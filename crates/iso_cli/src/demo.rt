//! The demonstration: what is said of the mesh of a grid that is made, by a table that is made.

ghost use Rattle.std.specs.Prelude.{◌≡◌, ◌≤◌, IfOk, IfErr};
ghost use Rattle.iso_model.specs.Acceptance.{IsAccepted};
ghost use Rattle.iso_model.specs.Cells.{HasDimension};
ghost use Rattle.iso_commands.specs.Commands.{size_limit};
ghost use Rattle.demo_grid.specs.MeshCounts.{counts_text};
ghost use Rattle.iso_cli.specs.Demonstrations.{IsDemonstration, IsMade, IsRefusedMade};
ghost use Rattle.iso_cli.specs.Outputs.{LeavesOutput};
ghost use Rattle.iso_cli.specs.Statuses.{IfDecided, IsDecided, IsOfDemonstration, IsOfMaking, IsOfPutting};

use crate::checked::certified;
use crate::status::Status;
use crate::workers::{PARTS, Workers};
use cell_lattice::{Cell, CubeCell, Kind, PyramidCell, SimplexCell};
use demo_grid::{MeshCounts, count_mesh, make_grid, put_counts};
use grid_split::Split;
use iso_base::{Gate, Memory, Sink};
use mesh_extract::extract;
use std::alloc::Global;
use std::thread::Threads;
use table_check::Checked;
use table_make::make_parts;

/// The isovalue of the demonstration.
const ISO: i64 = 128;

/// Puts what is said of the mesh of the grid that a seed decides, by the table of the construction, which the check is to
/// accept.
pub fn put_demonstration<R: Threads + Sync, O: Sink, G: Gate + Sync>(
    workers: &Workers<R, G>,
    kind: Kind,
    dim: u8,
    size: u64,
    seed: u32,
    out: &mut O,
) -> Status
    requires fits { HasDimension kind dim }
    requires sized { 1 ≤ size }
    requires few { size ≤ size_limit dim }
    ensures kinds { IsOfDemonstration result }
    ensures refused { IsDecided result → IsRefusedMade kind dim result }
    ensures output { LeavesOutput O.faults O.bytes (IsDemonstration kind dim size seed) result out.old out.new }
{
    match demonstrate(workers, kind, dim, size, seed) {
        Ok(counts) => put_said(&counts, out),
        Err(status) => status,
    }
}

// Puts the three lines.
fn put_said<O: Sink>(counts: &MeshCounts, out: &mut O) -> Status
    ensures kinds { IsOfPutting result }
    ensures output { LeavesOutput O.faults O.bytes (λ text. text ≡ counts_text counts.now) result out.old out.new }
{
    match put_counts(counts, out) {
        Ok(()) => Status::Done,
        Err(failed) => Status::WriteFault(failed.count),
    }
}

// The numbers of the mesh.
fn demonstrate<R: Threads + Sync, G: Gate + Sync>(
    workers: &Workers<R, G>,
    kind: Kind,
    dim: u8,
    size: u64,
    seed: u32,
) -> Result<MeshCounts, Status>
    requires fits { HasDimension kind dim }
    requires sized { 1 ≤ size }
    requires few { size ≤ size_limit dim }
    ensures kinds { IfErr result IsOfMaking }
    ensures refused { IfDecided result (IsRefusedMade kind dim) }
    ensures said { IfOk result (λ counts. IsDemonstration kind dim size seed (counts_text counts)) }
{
    match (kind, dim) {
        (Kind::Cube, 2) => mesh_counts::<R, CubeCell<2>, 2, G>(workers, size, seed),
        (Kind::Cube, 3) => mesh_counts::<R, CubeCell<3>, 3, G>(workers, size, seed),
        (Kind::Cube, 4) => mesh_counts::<R, CubeCell<4>, 4, G>(workers, size, seed),
        (Kind::Simplex, 2) => mesh_counts::<R, SimplexCell<2>, 2, G>(workers, size, seed),
        (Kind::Simplex, 3) => mesh_counts::<R, SimplexCell<3>, 3, G>(workers, size, seed),
        (Kind::Simplex, 4) => mesh_counts::<R, SimplexCell<4>, 4, G>(workers, size, seed),
        (Kind::Pyramid, 3) => mesh_counts::<R, PyramidCell, 3, G>(workers, size, seed),
        _ => unreachable!(),
    }
}

// The same, where the cell is known.
fn mesh_counts<R: Threads + Sync, C: Split<D> + Sync, const D: usize, G: Gate + Sync>(
    workers: &Workers<R, G>,
    size: u64,
    seed: u32,
) -> Result<MeshCounts, Status>
    requires sized { 1 ≤ size }
    requires few { size ≤ size_limit D }
    ensures kinds { IfErr result IsOfMaking }
    ensures refused { IfDecided result (IsRefusedMade C.KIND D) }
    ensures said { IfOk result (λ counts. IsDemonstration C.KIND D size seed (counts_text counts)) }
{
    let table = made_table::<R, C, D, G>(workers)?;
    Ok(counts_by(workers.alloc, &table, size, seed)?)
}

// The numbers of the mesh by a table that was made and accepted.
fn counts_by<C: Split<D>, const D: usize>(
    alloc: Global,
    table: &Checked<C, D>,
    size: u64,
    seed: u32,
) -> Result<MeshCounts, Memory>
    requires made { IsMade C.KIND D table.now }
    requires accepted { IsAccepted table.now }
    requires sized { 1 ≤ size }
    requires few { size ≤ size_limit D }
    ensures { IfOk result (λ counts. IsDemonstration C.KIND D size seed (counts_text counts)) }
{
    let grid = make_grid(alloc, D as u8, size, seed)?;
    let mesh = extract(alloc, table, &grid, ISO)?;
    count_mesh(alloc, &mesh)
}

// The table of the construction, if the check accepts it.
fn made_table<R: Threads + Sync, C: Cell<D> + Sync, const D: usize, G: Gate + Sync>(
    workers: &Workers<R, G>,
) -> Result<Checked<C, D>, Status>
    ensures kinds { IfErr result IsOfMaking }
    ensures refused { IfDecided result (IsRefusedMade C.KIND D) }
    ensures made { IfOk result (IsMade C.KIND D) }
    ensures accepted { IfOk result IsAccepted }
{
    let table = make_parts::<R, C, D, G>(workers.rt, workers.alloc, PARTS, workers.gate)?;
    certified(workers, table)
}
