//! Files of a shelf, read up to a limit.

ghost use Rattle.std.specs.Prelude.{◌≡◌, ◌≤◌, length, IfOk, IfErr};
ghost use Rattle.std.specs.Io.KnownBytes.{Consumes};
ghost use Rattle.iso_base.specs.Shelves.{IsSameShelf, TakesAtMost};
ghost use Rattle.iso_cli.specs.Shelves.{BlamesShelf, BlamesBefore, AreFrontOf};
ghost use Rattle.iso_cli.specs.Statuses.{IsOfReading, IsShelfFault};

use crate::status::Status;
use iso_base::Shelf;
use std::alloc::Global;

/// How many bytes are asked of a shelf at once.
const PIECE: usize = 65536;

/// Reads what is left of the file that was begun, up to `most` bytes.
pub fn read_front<S: Shelf>(alloc: Global, shelf: &mut S, most: usize) -> Result<Vec<u8>, Status>
    ensures shelf { IsSameShelf S.faults S.files S.sound shelf.old shelf.new }
    ensures fault { IfErr result (λ status. BlamesShelf status (S.faults shelf.old) (S.faults shelf.new)) }
    ensures sound { S.sound shelf.old → IfErr result (λ status. ¬ IsShelfFault status) }
    ensures refused { IfErr result IsOfReading }
    ensures taken { TakesAtMost most (S.rest shelf.old) (S.rest shelf.new) }
    ensures undecided { IfErr result (BlamesBefore most (S.rest shelf.old) (S.rest shelf.new)) }
    ensures came { IfOk result (λ bytes. Consumes (S.rest shelf.old) (S.rest shelf.new) bytes.items) }
    ensures front { IfOk result (λ bytes. AreFrontOf most (S.rest shelf.old) bytes.items) }
    ensures few { IfOk result (λ bytes. length bytes.items ≤ most) }
{
    let mut piece = [0; PIECE];
    let mut bytes = Vec::new(alloc);
    while bytes.len() < most {
        let room = PIECE.min(most - bytes.len());
        let count = shelf.take(&mut piece[..room])?;
        if count == 0 {
            break;
        }
        bytes.extend_from_slice(&piece[..count])?;
    }
    Ok(bytes)
}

--------------------------------------------------

After reading through the material, report every line that holds "sound".

Result of this exercise:
    ensures shelf { IsSameShelf S.faults S.files S.sound shelf.old shelf.new }
    ensures sound { S.sound shelf.old → IfErr result (λ status. ¬ IsShelfFault status) }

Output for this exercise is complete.